Report each line from the records where the string "Neither" turns up.

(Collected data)
____
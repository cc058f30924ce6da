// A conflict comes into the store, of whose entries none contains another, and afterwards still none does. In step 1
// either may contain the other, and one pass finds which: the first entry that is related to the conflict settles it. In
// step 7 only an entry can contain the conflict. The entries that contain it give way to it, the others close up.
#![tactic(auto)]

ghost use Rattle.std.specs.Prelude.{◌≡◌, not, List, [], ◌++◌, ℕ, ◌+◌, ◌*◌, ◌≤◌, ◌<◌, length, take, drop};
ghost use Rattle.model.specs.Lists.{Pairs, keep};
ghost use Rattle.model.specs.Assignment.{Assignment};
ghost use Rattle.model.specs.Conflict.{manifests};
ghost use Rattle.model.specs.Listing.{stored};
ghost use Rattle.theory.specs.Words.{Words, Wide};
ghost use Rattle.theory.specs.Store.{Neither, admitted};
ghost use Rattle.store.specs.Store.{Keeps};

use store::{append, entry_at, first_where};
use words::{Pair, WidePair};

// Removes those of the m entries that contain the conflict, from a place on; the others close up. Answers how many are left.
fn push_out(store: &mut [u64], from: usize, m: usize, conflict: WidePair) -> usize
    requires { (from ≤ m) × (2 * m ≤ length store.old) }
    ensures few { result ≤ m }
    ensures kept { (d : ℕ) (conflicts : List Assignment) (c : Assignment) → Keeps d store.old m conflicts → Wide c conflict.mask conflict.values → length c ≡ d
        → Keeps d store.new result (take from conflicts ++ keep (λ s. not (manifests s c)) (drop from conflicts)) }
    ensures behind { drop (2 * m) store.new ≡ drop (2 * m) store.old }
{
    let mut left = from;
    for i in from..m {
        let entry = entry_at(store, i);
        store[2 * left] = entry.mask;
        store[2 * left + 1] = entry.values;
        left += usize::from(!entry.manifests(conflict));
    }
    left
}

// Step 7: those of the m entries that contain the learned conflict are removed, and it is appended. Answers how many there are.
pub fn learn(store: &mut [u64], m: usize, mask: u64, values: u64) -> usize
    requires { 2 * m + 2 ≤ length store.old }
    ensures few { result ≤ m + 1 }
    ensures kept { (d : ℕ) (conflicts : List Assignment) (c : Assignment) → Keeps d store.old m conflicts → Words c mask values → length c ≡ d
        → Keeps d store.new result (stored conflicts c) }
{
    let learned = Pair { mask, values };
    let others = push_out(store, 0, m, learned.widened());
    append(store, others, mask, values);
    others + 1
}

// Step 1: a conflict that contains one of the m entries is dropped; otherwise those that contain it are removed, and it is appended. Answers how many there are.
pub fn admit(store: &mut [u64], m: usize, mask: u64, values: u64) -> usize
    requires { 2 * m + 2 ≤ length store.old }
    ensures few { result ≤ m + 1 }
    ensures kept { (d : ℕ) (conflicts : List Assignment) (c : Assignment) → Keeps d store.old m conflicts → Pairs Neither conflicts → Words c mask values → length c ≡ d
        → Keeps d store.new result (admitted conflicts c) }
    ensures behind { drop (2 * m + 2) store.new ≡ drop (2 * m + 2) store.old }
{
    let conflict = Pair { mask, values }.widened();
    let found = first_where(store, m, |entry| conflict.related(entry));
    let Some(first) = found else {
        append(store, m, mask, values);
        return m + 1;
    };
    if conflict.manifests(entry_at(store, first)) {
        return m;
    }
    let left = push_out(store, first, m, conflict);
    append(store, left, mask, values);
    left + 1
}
____
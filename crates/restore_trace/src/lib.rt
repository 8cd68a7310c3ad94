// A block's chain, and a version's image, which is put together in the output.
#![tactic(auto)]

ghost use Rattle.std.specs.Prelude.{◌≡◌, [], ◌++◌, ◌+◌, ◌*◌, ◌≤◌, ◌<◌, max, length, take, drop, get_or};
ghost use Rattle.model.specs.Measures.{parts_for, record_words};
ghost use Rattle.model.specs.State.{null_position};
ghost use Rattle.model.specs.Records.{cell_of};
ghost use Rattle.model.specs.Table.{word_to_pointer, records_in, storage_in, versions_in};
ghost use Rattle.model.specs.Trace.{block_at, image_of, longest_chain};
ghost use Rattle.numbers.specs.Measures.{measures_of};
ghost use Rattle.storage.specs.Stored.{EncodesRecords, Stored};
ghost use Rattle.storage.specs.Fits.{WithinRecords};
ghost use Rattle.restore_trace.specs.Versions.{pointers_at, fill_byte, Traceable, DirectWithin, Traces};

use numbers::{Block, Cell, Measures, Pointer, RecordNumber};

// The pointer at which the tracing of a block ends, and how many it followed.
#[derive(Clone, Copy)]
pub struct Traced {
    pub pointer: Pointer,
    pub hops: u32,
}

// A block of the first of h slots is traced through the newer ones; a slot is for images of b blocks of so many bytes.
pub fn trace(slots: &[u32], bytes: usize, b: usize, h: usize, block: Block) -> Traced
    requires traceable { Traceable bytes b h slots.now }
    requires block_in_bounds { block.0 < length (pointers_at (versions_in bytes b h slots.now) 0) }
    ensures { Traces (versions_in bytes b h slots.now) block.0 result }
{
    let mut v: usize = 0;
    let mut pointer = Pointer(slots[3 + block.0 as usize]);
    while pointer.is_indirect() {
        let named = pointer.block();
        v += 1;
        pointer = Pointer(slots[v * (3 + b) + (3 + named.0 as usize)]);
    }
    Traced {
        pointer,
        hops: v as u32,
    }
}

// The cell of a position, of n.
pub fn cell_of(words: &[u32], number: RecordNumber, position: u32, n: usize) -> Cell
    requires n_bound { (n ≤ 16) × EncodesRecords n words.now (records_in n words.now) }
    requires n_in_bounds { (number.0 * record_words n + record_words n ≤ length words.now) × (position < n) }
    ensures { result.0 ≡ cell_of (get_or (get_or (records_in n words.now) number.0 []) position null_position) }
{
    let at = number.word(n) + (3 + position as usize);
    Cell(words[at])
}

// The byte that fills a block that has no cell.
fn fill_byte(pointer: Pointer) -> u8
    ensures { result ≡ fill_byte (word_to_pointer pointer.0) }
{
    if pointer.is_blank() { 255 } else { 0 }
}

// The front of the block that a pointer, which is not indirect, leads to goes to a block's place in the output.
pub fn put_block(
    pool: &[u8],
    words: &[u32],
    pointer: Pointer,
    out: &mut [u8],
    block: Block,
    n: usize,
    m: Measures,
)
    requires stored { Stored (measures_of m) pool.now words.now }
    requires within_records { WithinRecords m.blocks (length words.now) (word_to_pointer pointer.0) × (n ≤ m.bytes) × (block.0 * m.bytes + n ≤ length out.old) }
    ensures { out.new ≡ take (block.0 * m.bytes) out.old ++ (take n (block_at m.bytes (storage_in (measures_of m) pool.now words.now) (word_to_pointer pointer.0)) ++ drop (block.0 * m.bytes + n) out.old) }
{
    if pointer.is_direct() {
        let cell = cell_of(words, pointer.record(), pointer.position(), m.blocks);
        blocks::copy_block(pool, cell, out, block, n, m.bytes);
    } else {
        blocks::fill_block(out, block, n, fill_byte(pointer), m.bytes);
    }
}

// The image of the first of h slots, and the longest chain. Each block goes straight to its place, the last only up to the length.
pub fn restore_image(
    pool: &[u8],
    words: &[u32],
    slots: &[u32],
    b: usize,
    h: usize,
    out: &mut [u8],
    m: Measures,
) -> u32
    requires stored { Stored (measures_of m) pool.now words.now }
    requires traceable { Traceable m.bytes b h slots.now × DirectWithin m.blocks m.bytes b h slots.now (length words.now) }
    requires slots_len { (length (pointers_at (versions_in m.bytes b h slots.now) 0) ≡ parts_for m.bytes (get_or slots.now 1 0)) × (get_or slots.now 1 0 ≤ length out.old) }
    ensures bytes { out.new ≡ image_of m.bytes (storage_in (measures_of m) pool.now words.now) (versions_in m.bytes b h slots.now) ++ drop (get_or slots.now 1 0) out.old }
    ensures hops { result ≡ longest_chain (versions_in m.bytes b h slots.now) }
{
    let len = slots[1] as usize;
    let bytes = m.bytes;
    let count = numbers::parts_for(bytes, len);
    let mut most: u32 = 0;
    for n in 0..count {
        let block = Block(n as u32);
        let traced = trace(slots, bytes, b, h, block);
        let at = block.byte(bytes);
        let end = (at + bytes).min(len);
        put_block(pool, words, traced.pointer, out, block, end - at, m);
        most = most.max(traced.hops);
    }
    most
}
____
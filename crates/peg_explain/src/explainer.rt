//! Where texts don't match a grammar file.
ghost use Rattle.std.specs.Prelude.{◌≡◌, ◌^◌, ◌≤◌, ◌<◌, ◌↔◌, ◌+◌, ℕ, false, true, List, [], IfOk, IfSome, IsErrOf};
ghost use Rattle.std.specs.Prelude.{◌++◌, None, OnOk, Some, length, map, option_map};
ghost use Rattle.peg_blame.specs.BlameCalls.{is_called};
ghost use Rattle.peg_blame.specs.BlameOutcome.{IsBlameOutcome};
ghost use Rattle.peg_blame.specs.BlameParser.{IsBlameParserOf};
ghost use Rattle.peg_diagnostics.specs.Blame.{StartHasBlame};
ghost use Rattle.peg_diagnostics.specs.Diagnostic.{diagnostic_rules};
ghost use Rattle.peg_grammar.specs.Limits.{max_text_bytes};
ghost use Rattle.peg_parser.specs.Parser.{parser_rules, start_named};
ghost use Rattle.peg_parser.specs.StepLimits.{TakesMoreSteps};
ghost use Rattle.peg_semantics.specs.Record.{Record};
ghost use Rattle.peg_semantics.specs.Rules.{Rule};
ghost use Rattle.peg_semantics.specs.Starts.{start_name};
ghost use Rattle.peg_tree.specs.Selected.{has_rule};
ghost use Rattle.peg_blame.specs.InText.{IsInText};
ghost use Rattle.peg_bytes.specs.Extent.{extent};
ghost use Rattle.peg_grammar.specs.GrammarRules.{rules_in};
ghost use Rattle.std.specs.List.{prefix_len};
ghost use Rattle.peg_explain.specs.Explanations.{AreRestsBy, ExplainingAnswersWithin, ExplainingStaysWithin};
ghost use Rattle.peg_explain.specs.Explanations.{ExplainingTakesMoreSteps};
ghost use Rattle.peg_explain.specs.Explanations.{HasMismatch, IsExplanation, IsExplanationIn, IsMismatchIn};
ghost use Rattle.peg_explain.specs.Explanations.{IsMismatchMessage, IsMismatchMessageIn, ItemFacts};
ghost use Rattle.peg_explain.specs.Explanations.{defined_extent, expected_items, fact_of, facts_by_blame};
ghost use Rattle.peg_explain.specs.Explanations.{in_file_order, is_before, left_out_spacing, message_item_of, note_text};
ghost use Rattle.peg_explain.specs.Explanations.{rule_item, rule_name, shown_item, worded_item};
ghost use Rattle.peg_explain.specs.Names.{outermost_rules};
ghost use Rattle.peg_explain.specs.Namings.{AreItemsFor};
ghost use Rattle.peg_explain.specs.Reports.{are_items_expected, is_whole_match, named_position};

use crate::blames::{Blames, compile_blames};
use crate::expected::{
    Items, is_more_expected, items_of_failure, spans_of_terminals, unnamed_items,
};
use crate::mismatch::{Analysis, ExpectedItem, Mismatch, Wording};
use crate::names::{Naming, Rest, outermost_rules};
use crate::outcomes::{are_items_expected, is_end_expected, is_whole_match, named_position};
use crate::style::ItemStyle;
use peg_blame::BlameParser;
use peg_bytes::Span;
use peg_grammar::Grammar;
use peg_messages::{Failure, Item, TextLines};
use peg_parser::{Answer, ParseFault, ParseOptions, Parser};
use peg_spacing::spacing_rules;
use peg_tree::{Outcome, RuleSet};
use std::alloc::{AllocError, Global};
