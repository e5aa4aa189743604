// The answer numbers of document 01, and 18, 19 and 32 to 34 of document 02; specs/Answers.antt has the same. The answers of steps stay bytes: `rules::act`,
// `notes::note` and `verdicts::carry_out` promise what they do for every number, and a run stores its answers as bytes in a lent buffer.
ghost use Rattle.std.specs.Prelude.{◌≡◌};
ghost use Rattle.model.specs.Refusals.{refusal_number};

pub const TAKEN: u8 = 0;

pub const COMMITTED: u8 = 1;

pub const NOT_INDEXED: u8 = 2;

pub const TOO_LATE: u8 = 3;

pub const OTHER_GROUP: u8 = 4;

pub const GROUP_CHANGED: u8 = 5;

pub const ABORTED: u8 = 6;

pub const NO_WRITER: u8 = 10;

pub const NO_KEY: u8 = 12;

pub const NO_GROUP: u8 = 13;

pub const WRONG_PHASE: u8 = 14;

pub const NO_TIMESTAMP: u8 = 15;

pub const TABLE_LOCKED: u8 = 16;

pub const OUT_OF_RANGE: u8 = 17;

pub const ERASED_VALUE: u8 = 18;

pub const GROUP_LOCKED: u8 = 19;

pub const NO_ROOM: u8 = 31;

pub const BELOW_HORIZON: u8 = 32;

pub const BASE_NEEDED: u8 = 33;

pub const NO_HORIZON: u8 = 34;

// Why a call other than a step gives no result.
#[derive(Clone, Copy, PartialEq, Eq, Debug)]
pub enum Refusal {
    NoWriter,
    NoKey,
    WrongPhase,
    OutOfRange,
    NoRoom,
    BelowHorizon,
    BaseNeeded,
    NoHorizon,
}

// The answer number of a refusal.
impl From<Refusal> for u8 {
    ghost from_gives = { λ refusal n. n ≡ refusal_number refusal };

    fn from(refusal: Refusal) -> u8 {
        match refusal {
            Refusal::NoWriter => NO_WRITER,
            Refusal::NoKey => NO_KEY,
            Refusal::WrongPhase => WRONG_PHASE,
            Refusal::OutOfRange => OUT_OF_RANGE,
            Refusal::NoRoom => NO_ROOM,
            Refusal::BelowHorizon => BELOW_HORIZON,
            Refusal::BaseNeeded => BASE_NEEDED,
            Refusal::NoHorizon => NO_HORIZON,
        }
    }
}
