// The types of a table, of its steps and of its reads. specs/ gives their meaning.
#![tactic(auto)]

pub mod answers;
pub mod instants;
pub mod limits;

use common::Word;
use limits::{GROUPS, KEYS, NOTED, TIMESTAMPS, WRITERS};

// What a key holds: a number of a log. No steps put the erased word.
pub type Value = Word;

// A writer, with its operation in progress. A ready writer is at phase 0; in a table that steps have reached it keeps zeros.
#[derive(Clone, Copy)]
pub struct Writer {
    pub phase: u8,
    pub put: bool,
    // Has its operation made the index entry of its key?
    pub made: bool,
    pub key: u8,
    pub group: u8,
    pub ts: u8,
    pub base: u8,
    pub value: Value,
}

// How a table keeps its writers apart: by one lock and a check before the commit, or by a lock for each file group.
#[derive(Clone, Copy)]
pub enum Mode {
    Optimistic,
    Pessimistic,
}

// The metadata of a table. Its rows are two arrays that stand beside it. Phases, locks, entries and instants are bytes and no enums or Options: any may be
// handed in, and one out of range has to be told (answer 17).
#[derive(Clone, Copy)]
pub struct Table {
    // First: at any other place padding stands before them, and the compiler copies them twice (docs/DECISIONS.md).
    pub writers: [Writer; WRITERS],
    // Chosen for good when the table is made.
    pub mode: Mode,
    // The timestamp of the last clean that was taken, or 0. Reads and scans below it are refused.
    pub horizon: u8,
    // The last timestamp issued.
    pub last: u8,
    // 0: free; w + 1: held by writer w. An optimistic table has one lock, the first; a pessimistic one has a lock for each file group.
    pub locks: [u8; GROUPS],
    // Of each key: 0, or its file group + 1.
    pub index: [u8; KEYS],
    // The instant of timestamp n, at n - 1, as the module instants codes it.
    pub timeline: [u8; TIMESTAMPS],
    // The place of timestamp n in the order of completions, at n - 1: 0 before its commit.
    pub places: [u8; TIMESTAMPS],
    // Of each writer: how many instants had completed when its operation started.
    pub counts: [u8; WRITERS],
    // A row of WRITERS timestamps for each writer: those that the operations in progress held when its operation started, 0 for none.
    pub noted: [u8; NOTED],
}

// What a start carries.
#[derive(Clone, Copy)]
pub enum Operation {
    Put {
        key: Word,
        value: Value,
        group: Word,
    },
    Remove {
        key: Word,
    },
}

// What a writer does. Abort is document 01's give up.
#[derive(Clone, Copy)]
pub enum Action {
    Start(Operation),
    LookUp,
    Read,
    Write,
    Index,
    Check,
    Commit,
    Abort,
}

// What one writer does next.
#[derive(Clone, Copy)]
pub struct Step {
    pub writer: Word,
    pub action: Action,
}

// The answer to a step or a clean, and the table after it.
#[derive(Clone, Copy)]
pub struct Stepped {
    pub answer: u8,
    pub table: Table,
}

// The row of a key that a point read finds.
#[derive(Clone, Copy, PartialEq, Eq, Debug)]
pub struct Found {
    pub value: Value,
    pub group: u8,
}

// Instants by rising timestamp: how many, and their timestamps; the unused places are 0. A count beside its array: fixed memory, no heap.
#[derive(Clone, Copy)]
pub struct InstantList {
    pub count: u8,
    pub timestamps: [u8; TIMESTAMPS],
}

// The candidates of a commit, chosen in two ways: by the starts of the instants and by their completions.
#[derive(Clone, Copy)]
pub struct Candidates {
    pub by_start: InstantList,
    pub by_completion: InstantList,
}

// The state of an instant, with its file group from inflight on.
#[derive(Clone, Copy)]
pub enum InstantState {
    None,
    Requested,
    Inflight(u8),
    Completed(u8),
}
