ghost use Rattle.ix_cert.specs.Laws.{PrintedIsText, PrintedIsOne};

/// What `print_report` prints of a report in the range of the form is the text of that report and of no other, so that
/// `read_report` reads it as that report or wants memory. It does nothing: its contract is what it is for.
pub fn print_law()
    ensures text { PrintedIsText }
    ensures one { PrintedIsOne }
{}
____
* **YOUR SOLUTION**:
ghost use Rattle.theory.specs.Store.{Neither, admitted};
    ensures kept { (d : ℕ) (conflicts : List Assignment) (c : Assignment) → Keeps d store.old m conflicts → Pairs Neither conflicts → Words c mask values → length c ≡ d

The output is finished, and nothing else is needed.